The reasoning process put forward to support that view includes the following:-
"31. For the following reasons, it is submitted that, in the events that have occurred, no "dispute" or "medical dispute" exists for the purposes of sections 26D of the CL Act and 321 of the WIMWC Act.
32. First, it is made clear in section 322 of WIMWC Act that assessment of the degree of permanent impairment is to be made in accordance with WorkCover Guidelines.
33. Secondly, in view of the provisions dealing with the inter-relationship between the CL Act and the WIMWC Act, the obligation imposed by section 322 applies equally to the assessment of the degree of permanent impairment of an offender for the purposes of the CL Act. That is so because the Minister has not yet exercised his discretion to issue specific guidelines for the purposes of applying the WIMWC Act to offenders and, in those circumstances the WorkCover Guidelines apply (see Clause 19 of Part 6 of Schedule 1 of the CL Act).
34. Thirdly, the obligation to assess the degree of permanent impairment in accordance with WorkCover Guidelines applies to assessments generally and also specifically to medical disputes which are referred to an approved medical specialist for assessment.
35. Fourthly, as the WorkCover Guidelines for the Assessment of Permanent Impairment make explicit, they are intended to be applied by medical practitioners. The scheme is not one which contemplates an individual person who is not a medical practitioner determining the degree of permanent impairment."
23 The parties were aware of only three authorities that were thought to be of possible assistance in dealing with the question in dispute. The plaintiff relied on Ferraro v WGE Pty Limited [2005] NSW WCC PD 98 (26 August 2005) (a decision of Acting Deputy President Deborah Moore) and Welsh v TNT Express [1993] NSWCC 15 (2 July 1993); (1993) 9 NSWCCR 345 (a decision of Geraghty J). The defendant relied on what was said in paragraphs 42 and 43 of the judgment in Thomson v WorkCover Authority of New South Wales [2004] NSWSC 282 (a decision of Bell J).
24 Section 319 (which appears in Part 7 of Chapter 7 of the Act) contains a definition of "medical dispute". The section contains the following:-
" 319 Definitions
In this Act:
medical dispute means a dispute between a claimant and the person on whom a claim is made about any of the following matters or a question about any of the following matters in connection with a claim:
….
(c) the degree of permanent impairment of the worker as a result of an injury"
The section also contains a definition of "Approved Medical Specialist".
25 Section 321 of the Act is as follows:-
" 321 Referral of medical dispute for assessment
(1) A medical dispute may be referred for assessment under this Part by a court, the Commission or the Registrar, either of their own motion or at the request of a party to the dispute. The Registrar is to give the parties notice of the referral.
(2) The parties to the dispute may agree on the approved medical specialist who is to assess the dispute but if the parties have not agreed within 7 days after the dispute is referred, the Registrar is to choose the approved medical specialist who is to assess the dispute."

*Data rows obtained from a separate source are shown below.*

//! What may be a fact of rows, by the numbers of operations, and whether it is one.
ghost use Rattle.std.specs.Prelude.{◌≡◌, ◌<◌, ◌⊎◌, true, Some, IfSome, slice_get};
ghost use Rattle.iloc_ops.specs.Registers.{used};
ghost use Rattle.iloc_timed.specs.declared.kind.Kind.TheVariants as kinds;
ghost use Rattle.iloc_rules.specs.Delays.{keeps_order};
ghost use Rattle.iloc_facts.specs.Facts.{AreAgainst, HasBeenThere, HasLabel, IsFact};
ghost use Rattle.iloc_reasons.specs.Steps.Likeness.{TellApart};
ghost use Rattle.iloc_reasons.specs.Steps.Sides.{AreNoted, source_at};

use crate::counterpart::seen;
use crate::likeness::Terms;
use crate::terms::at;
use iloc_facts::{Fact, Issue, Sides, Sources, have_one_label};
use iloc_ops::{Op, Reg, defines, uses};
use iloc_timed::Kind;
use std::collections::BTreeMap;

/// What may be a fact of operation k of rows.
#[derive(Clone, Copy, PartialEq, Eq)]
pub(crate) struct Claim {
    pub k: usize,
    pub what: What,
}

/// What may be said of an operation.
#[derive(Clone, Copy, PartialEq, Eq)]
pub(crate) enum What {
    /// It is issued while this store is under way.
    While { store: usize },
    /// It reads at this place a register for which this result is under way.
    ReadsBefore { place: usize, late: usize },
    /// It reads at this place what came over this result, or over the start of the register.
    ReadsOver { place: usize, lost: Option<usize> },
    /// Its result is never read.
    NeverRead,
    /// It is on the wrong side of this one: the block has them, by these numbers, in the other order.
    Beside { other: usize, i: usize, o: usize },
    /// It stands for this one of the block.
    For { op: usize },
    /// None of the block is like it.
    LikeNone,
    /// It doesn't read what this one of the block reads, its counterpart.
    See { op: usize },
}

/// Whether an operation of this kind waits for the stores that are under way.
fn waits(kind: Kind) -> bool
    ensures { result ≡ true → (kind ≡ kinds.Load) ⊎ (kind ≡ kinds.Output) }
{
    matches!(kind, Kind::Load | Kind::Output)
}

/// Whether the second has to come after the first where it stands behind it in the block.
fn keep_order(first: Kind, second: Kind) -> bool
    ensures { result ≡ keeps_order first second }
{
    match second {
        Kind::Store => first != Kind::Mult && first != Kind::Other,
        Kind::Output => first == Kind::Output,
        _ => false,
    }
}

/// The register that an operation reads at a place, left to right.
fn register_at(op: &Op, place: usize) -> Option<Reg>
    ensures { IfSome result (λ register. slice_get (used op.now) place ≡ Some register) }
{
    uses(op).get(place).copied()
}

/// What is read at a place, left to right.
pub(crate) fn source_at(sources: Sources, place: usize) -> Option<usize>
    ensures { result ≡ source_at sources place }
{
    match (sources, place) {
        (Sources::One(only), 0) => only,
        (Sources::Two(left, _), 0) => left,
        (Sources::Two(_, right), 1) => right,
        _ => None,
    }
}

/// Load or output k is issued while a store is under way.
fn under_way(sides: &Sides, k: usize, store: usize) -> Option<Fact>
    ensures { IfSome result (IsFact sides.now.latencies.now sides.now.block.items sides.now.schedule.now.ops
        sides.now.schedule.now.rows) }
{
    let issue = sides.issue(k)?;
    let it = sides.issue(store)?;
    let over = sides.due(store)?;
    if Kind::of(&it.op) == Kind::Store
        && waits(Kind::of(&issue.op))
        && it.cycle <= issue.cycle
        && issue.cycle < over
    {
        return Some(Fact::UnderWay {
            issue,
            store: it,
            due: over,
        });
    }
    None
}

/// Operation k reads at a place a register for which the result of another is under way.
fn brings(sides: &Sides, k: usize, place: usize, late: usize) -> Option<Fact>
    ensures { IfSome result (IsFact sides.now.latencies.now sides.now.block.items sides.now.schedule.now.ops
        sides.now.schedule.now.rows) }
{
    let issue = sides.issue(k)?;
    let register = register_at(&issue.op, place)?;
    let it = sides.issue(late)?;
    let arrives = sides.due(late)?;
    if late != k
        && defines(&it.op) == Some(register)
        && it.cycle <= issue.cycle
        && issue.cycle < arrives
    {
        return Some(Fact::Brings {
            issue,
            register,
            late: it,
            due: arrives,
        });
    }
    None
}

/// What a register had by a cycle, other than the result of operation j: that of another one, or none at the start.
fn been_there(
    sides: &Sides,
    cycle: usize,
    register: Reg,
    j: usize,
    lost: Option<usize>,
) -> Option<Option<Issue>>
    ensures { IfSome result (HasBeenThere sides.now.latencies.now sides.now.schedule.now.ops sides.now.schedule.now.rows
        cycle register j) }
{
    let Some(l) = lost else {
        return Some(None);
    };
    let it = sides.issue(l)?;
    let due = sides.due(l)?;
    if l != j && defines(&it.op) == Some(register) && due <= cycle {
        return Some(Some(it));
    }
    None
}

/// Operation k reads at a place a result that came over what was there.
fn replaced(sides: &Sides, k: usize, place: usize, lost: Option<usize>) -> Option<Fact>
    ensures { IfSome result (IsFact sides.now.latencies.now sides.now.block.items sides.now.schedule.now.ops
        sides.now.schedule.now.rows) }
{
    let issue = sides.issue(k)?;
    let register = register_at(&issue.op, place)?;
    let reading = sides.reading(k)?;
    let j = source_at(reading.sources, place)?;
    let from = sides.issue(j)?;
    let lost = been_there(sides, issue.cycle, register, j, lost)?;
    Some(Fact::Replaced {
        issue,
        register,
        from,
        lost,
    })
}

/// No operation reads the result of operation j.
fn never_read(sides: &Sides, read: &BTreeMap<usize, usize>, j: usize) -> Option<Fact>
    requires noted { AreNoted sides.now.readings.items read.now }
    ensures { IfSome result (IsFact sides.now.latencies.now sides.now.block.items sides.now.schedule.now.ops
        sides.now.schedule.now.rows) }
{
    let issue = sides.issue(j)?;
    defines(&issue.op)?;
    if read.get(&j).is_some() {
        return None;
    }
    Some(Fact::NeverRead { issue })
}

/// Whether the block's operation of a number differs from one in registers alone.
fn has_label(block: &[Op], i: usize, op: &Op) -> bool
    ensures { result ≡ true → HasLabel block.now i op.now }
{
    match block.get(i) {
        Some(other) => have_one_label(other, op),
        None => false,
    }
}

/// Whether operations `i` and `o` of the block aren't in the order of two that are issued in `cycle` and `other`.
fn are_against(i: usize, o: usize, cycle: usize, other: usize) -> bool
    ensures { result ≡ true → AreAgainst i o cycle other }
{
    if o < i {
        return cycle <= other;
    }
    i < o && other < cycle
}

/// Memory or outputs fix the order of operations `k` and `other`, and operations `i` and `o` of the block, which differ from them
/// in registers alone, come in the other order; `k` isn't alike to `o`, nor `other` to `i`.
fn ordered(sides: &Sides, terms: &Terms, k: usize, other: usize, i: usize, o: usize) -> Option<Fact>
    requires terms { TellApart sides.now.latencies.now sides.now.block.items sides.now.schedule.now.ops
        sides.now.schedule.now.rows terms.now }
    ensures { IfSome result (IsFact sides.now.latencies.now sides.now.block.items sides.now.schedule.now.ops
        sides.now.schedule.now.rows) }
{
    let issue = sides.issue(k)?;
    let it = sides.issue(other)?;
    let one = Kind::of(&issue.op);
    let two = Kind::of(&it.op);
    if other != k
        && (keep_order(one, two) || keep_order(two, one))
        && has_label(&sides.block, i, &issue.op)
        && has_label(&sides.block, o, &it.op)
        && are_against(i, o, issue.cycle, it.cycle)
        && at(&terms.block, o) != at(&terms.rows, k)
        && at(&terms.block, i) != at(&terms.rows, other)
    {
        return Some(Fact::Order { issue, other: it });
    }
    None
}

/// Operation k has the label of operation i of the block, and isn't alike to it.
fn stands_for(sides: &Sides, terms: &Terms, k: usize, i: usize) -> Option<Fact>
    requires terms { TellApart sides.now.latencies.now sides.now.block.items sides.now.schedule.now.ops
        sides.now.schedule.now.rows terms.now }
    ensures { IfSome result (IsFact sides.now.latencies.now sides.now.block.items sides.now.schedule.now.ops
        sides.now.schedule.now.rows) }
{
    let issue = sides.issue(k)?;
    let op = sides.block.get(i)?;
    if have_one_label(&issue.op, op) && at(&terms.block, i) != at(&terms.rows, k) {
        return Some(Fact::For {
            issue,
            number: i,
            op: *op,
        });
    }
    None
}

/// No operation of the block is like operation k.
fn like_none(sides: &Sides, terms: &Terms, k: usize) -> Option<Fact>
    requires terms { TellApart sides.now.latencies.now sides.now.block.items sides.now.schedule.now.ops
        sides.now.schedule.now.rows terms.now }
    ensures { IfSome result (IsFact sides.now.latencies.now sides.now.block.items sides.now.schedule.now.ops
        sides.now.schedule.now.rows) }
{
    let issue = sides.issue(k)?;
    match terms.known.get(&at(&terms.rows, k)) {
        None => Some(Fact::LikeNone { issue }),
        Some(_) => None,
    }
}

impl Claim {
    /// The fact that it claims, if it is one.
    pub(crate) fn fact(
        self,
        sides: &Sides,
        terms: &Terms,
        read: &BTreeMap<usize, usize>,
    ) -> Option<Fact>
        requires terms { TellApart sides.now.latencies.now sides.now.block.items sides.now.schedule.now.ops
            sides.now.schedule.now.rows terms.now }
        requires noted { AreNoted sides.now.readings.items read.now }
        ensures { IfSome result (IsFact sides.now.latencies.now sides.now.block.items sides.now.schedule.now.ops
            sides.now.schedule.now.rows) }
    {
        let k = self.k;
        match self.what {
            What::While { store } => under_way(sides, k, store),
            What::ReadsBefore { place, late } => brings(sides, k, place, late),
            What::ReadsOver { place, lost } => replaced(sides, k, place, lost),
            What::NeverRead => never_read(sides, read, k),
            What::Beside { other, i, o } => ordered(sides, terms, k, other, i, o),
            What::For { op } => stands_for(sides, terms, k, op),
            What::LikeNone => like_none(sides, terms, k),
            What::See { op } => seen(sides, k, op),
        }
    }
}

Section 322(1) of the Act is as follows:-
" 322 Assessment of impairment
(1) The assessment of the degree of permanent impairment of an injured worker for the purposes of the Workers Compensation Acts is to be made in accordance with WorkCover Guidelines (as in force at the time the assessment is made) issued for that purpose."

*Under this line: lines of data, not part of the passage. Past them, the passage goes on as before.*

//! Order, with and without signs, and equality of two vectors, each as one digit, and the edge between two values.
#![tactic(auto, using(crate::proofs::Widths::widths))]

ghost use Rattle.std.specs.Prelude.{◌≡◌, true, false, if◌then◌else◌, [], ◌∷◌, length};
ghost use Rattle.logic4.specs.Operators.{lt_vector, le_vector, eq_vector, case_eq_vector, each_pair, eq_digit};
ghost use Rattle.logic4.specs.Signed.{is_negative, signed_lt_vector, signed_le_vector};
ghost use Rattle.logic4.specs.Edges as edges;

use crate::bits::{Bits, mask};
use crate::digit::{Digit, Edge};

impl Bits {
    /// One digit: whether `self` is the lesser number, x where a digit of either is x or z (5.1.7). Both widths are equal.
    pub fn lt(self, other: Self) -> Self
        requires { length self ≡ length other }
        ensures value { result ≡ lt_vector self other ∷ [] }
        ensures width { length result ≡ 1 }
    {
        if self.b | other.b == 0 {
            Bits::from_bool(self.a < other.a)
        } else {
            Bits::from_digit(Digit::X)
        }
    }

    /// One digit: whether `self` is at most `other`, x where a digit of either is x or z (5.1.7). Both widths are equal.
    pub fn le(self, other: Self) -> Self
        requires { length self ≡ length other }
        ensures value { result ≡ le_vector self other ∷ [] }
        ensures width { length result ≡ 1 }
    {
        if self.b | other.b == 0 {
            Bits::from_bool(self.a <= other.a)
        } else {
            Bits::from_digit(Digit::X)
        }
    }

    /// Whether the most significant digit, which is the sign, is 1.
    pub fn is_negative(self) -> bool
        ensures { result ≡ is_negative self }
    {
        match self.digit(self.width() - 1) {
            Digit::One => true,
            Digit::Zero => false,
            Digit::X => false,
            Digit::Z => false,
        }
    }

    /// One digit: whether `self` is the lesser number, both with their signs, x where a digit of either is x or z (5.1.7, 5.5).
    /// Both widths are equal.
    pub fn signed_lt(self, other: Self) -> Self
        requires { length self ≡ length other }
        ensures value { result ≡ signed_lt_vector self other ∷ [] }
        ensures width { length result ≡ 1 }
    {
        if self.b | other.b == 0 {
            let less = self.a < other.a;
            Bits::from_bool(is_less(self.is_negative(), other.is_negative(), less))
        } else {
            Bits::from_digit(Digit::X)
        }
    }

    /// One digit: whether `self` is at most `other`, both with their signs, x where a digit of either is x or z (5.1.7, 5.5).
    /// Both widths are equal.
    pub fn signed_le(self, other: Self) -> Self
        requires { length self ≡ length other }
        ensures value { result ≡ signed_le_vector self other ∷ [] }
        ensures width { length result ≡ 1 }
    {
        if self.b | other.b == 0 {
            let more = other.a < self.a;
            Bits::from_bool(!is_less(other.is_negative(), self.is_negative(), more))
        } else {
            Bits::from_digit(Digit::X)
        }
    }

    // the digits in which two vectors are logically equal
    fn equal_digits(self, other: Self) -> Self
        requires { length self ≡ length other }
        ensures value { result ≡ each_pair eq_digit self other }
        ensures width { length result ≡ length self }
    {
        let b = self.b | other.b;
        Bits {
            width: self.width,
            a: ((self.a ^ other.a) ^ mask(self.width)) | b,
            b,
        }
    }

    /// Logical equality, one digit (5.1.8): 0 where two digits 0 and 1 of one place differ, else x where a digit of either is
    /// x or z, else 1. Both widths are equal.
    pub fn eq(self, other: Self) -> Self
        requires { length self ≡ length other }
        ensures value { result ≡ eq_vector self other ∷ [] }
        ensures width { length result ≡ 1 }
    {
        self.equal_digits(other).reduce_and()
    }

    /// Case equality, one digit (5.1.8): 1 where all digits are the same, x as x and z as z, else 0. Both widths are equal.
    pub fn case_eq(self, other: Self) -> Self
        requires { length self ≡ length other }
        ensures value { result ≡ case_eq_vector self other ∷ [] }
        ensures width { length result ≡ 1 }
    {
        Bits::from_bool(self == other)
    }

    /// What a change from `old` to `new` is to an event control (9.7.2): the least significant digits decide. Both widths are
    /// equal.
    pub fn edge(old: Self, new: Self) -> Edge
        requires { length old ≡ length new }
        ensures { result ≡ edges.edge old new }
    {
        if old == new {
            Edge::Same
        } else {
            digit_edge(old.digit(0), new.digit(0))
        }
    }
}

// Whether a number is less than another, by whether each is negative, and by whether its digits are less, which decide for two of
// one sign.
fn is_less(left: bool, right: bool, less: bool) -> bool
    ensures { result ≡ (if left then (if right then less else true) else (if right then false else less)) }
{
    if left == right { less } else { left }
}

// the edge of a change from one digit to another (9.7.2): a posedge from 0 or to 1, a negedge from 1 or to 0
fn digit_edge(old: Digit, new: Digit) -> Edge
    ensures { result ≡ edges.digit_edge old new }
{
    match (old, new) {
        (Digit::Zero, Digit::Zero) => Edge::Other,
        (Digit::Zero, _) => Edge::Pos,
        (Digit::One, Digit::One) => Edge::Other,
        (Digit::One, _) => Edge::Neg,
        (_, Digit::Zero) => Edge::Neg,
        (_, Digit::One) => Edge::Pos,
        _ => Edge::Other,
    }
}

26 In the determination of the narrow issue, I propose to first look at the question of whether or not there is a dispute.

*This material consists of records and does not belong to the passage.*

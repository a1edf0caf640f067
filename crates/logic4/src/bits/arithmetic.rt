//! Sums, differences and shifts. A digit x or z in an operand of a sum or in a shift's distance makes every digit x.
#![tactic(auto, using(crate::proofs::Widths::widths))]

ghost use Rattle.std.specs.Prelude.{◌≡◌, length};
ghost use Rattle.logic4.specs.Operators.{add_vector, sub_vector, shl_vector, shr_vector};

use crate::bits::{Bits, Word, mask};

impl Bits {
    /// The sum modulo 2 to the width, or all x where a digit of either is x or z (5.1.5). Both widths are equal.
    pub fn add(self, other: Self) -> Self
        requires { length self ≡ length other }
        ensures value { result ≡ add_vector self other }
        ensures width { length result ≡ length self }
    {
        if self.b | other.b == 0 {
            Bits {
                width: self.width,
                a: self.a.wrapping_add(other.a) & mask(self.width),
                b: 0,
            }
        } else {
            Bits::unknown(self.width)
        }
    }

    /// The difference modulo 2 to the width, or all x where a digit of either is x or z (5.1.5). Both widths are equal.
    pub fn sub(self, other: Self) -> Self
        requires { length self ≡ length other }
        ensures value { result ≡ sub_vector self other }
        ensures width { length result ≡ length self }
    {
        if self.b | other.b == 0 {
            let ones = mask(self.width);
            Bits {
                width: self.width,
                a: self.a.wrapping_sub(other.a) & ones,
                b: 0,
            }
        } else {
            Bits::unknown(self.width)
        }
    }

    /// The digits moved `by` places up, filled with 0, or all x where `by` has a digit x or z (5.1.12). A digit z stays z.
    /// `by` has any width.
    pub fn shl(self, by: Self) -> Self
        ensures value { result ≡ shl_vector self by }
        ensures width { length result ≡ length self }
    {
        if by.b != 0 {
            Bits::unknown(self.width)
        } else if by.a < self.width as Word {
            let ones = mask(self.width);
            Bits {
                width: self.width,
                a: (self.a << by.a) & ones,
                b: (self.b << by.a) & ones,
            }
        } else {
            Bits {
                width: self.width,
                a: 0,
                b: 0,
            }
        }
    }

    /// The digits moved `by` places down, filled with 0, or all x where `by` has a digit x or z (5.1.12). A digit z stays z.
    /// `by` has any width.
    pub fn shr(self, by: Self) -> Self
        ensures width { length result ≡ length self }
        ensures value { result ≡ shr_vector self by }
    {
        if by.b != 0 {
            Bits::unknown(self.width)
        } else if by.a < self.width as Word {
            Bits {
                width: self.width,
                a: self.a >> by.a,
                b: self.b >> by.a,
            }
        } else {
            Bits {
                width: self.width,
                a: 0,
                b: 0,
            }
        }
    }
}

27 The meaning to be attributed to "dispute" excited little argument. Whilst the first defendant submitted that there could be no "dispute", this contention was not the subject of elaboration. The dictionary meanings given to the word cover a wide range (including merely, absence of agreement and non-acceptance). The concept of inability to reach agreement seems to have been embraced by the first defendant in its submissions.
28 If regard be had to the relevant facts and circumstances of this case, I consider that the finding of fact that should be made is that there is a dispute between the plaintiff and the first defendant about the matter or a question about the matter of the degree of permanent impairment of the plaintiff as a result of his injury. What is being sought by him is an assessment as to whether or not the injury has resulted in a degree of permanent impairment that is at least 15% (which was described in the application as a "threshold dispute"). Presumably, what has been referred to as the "threshold dispute" falls within the category of being a question about any of the matters specified in (a)-(g) (in this case (c)). It seems to me that the said facts and circumstances reveal there is dispute both as to the "threshold dispute" and as to, inter alia, what is related thereto.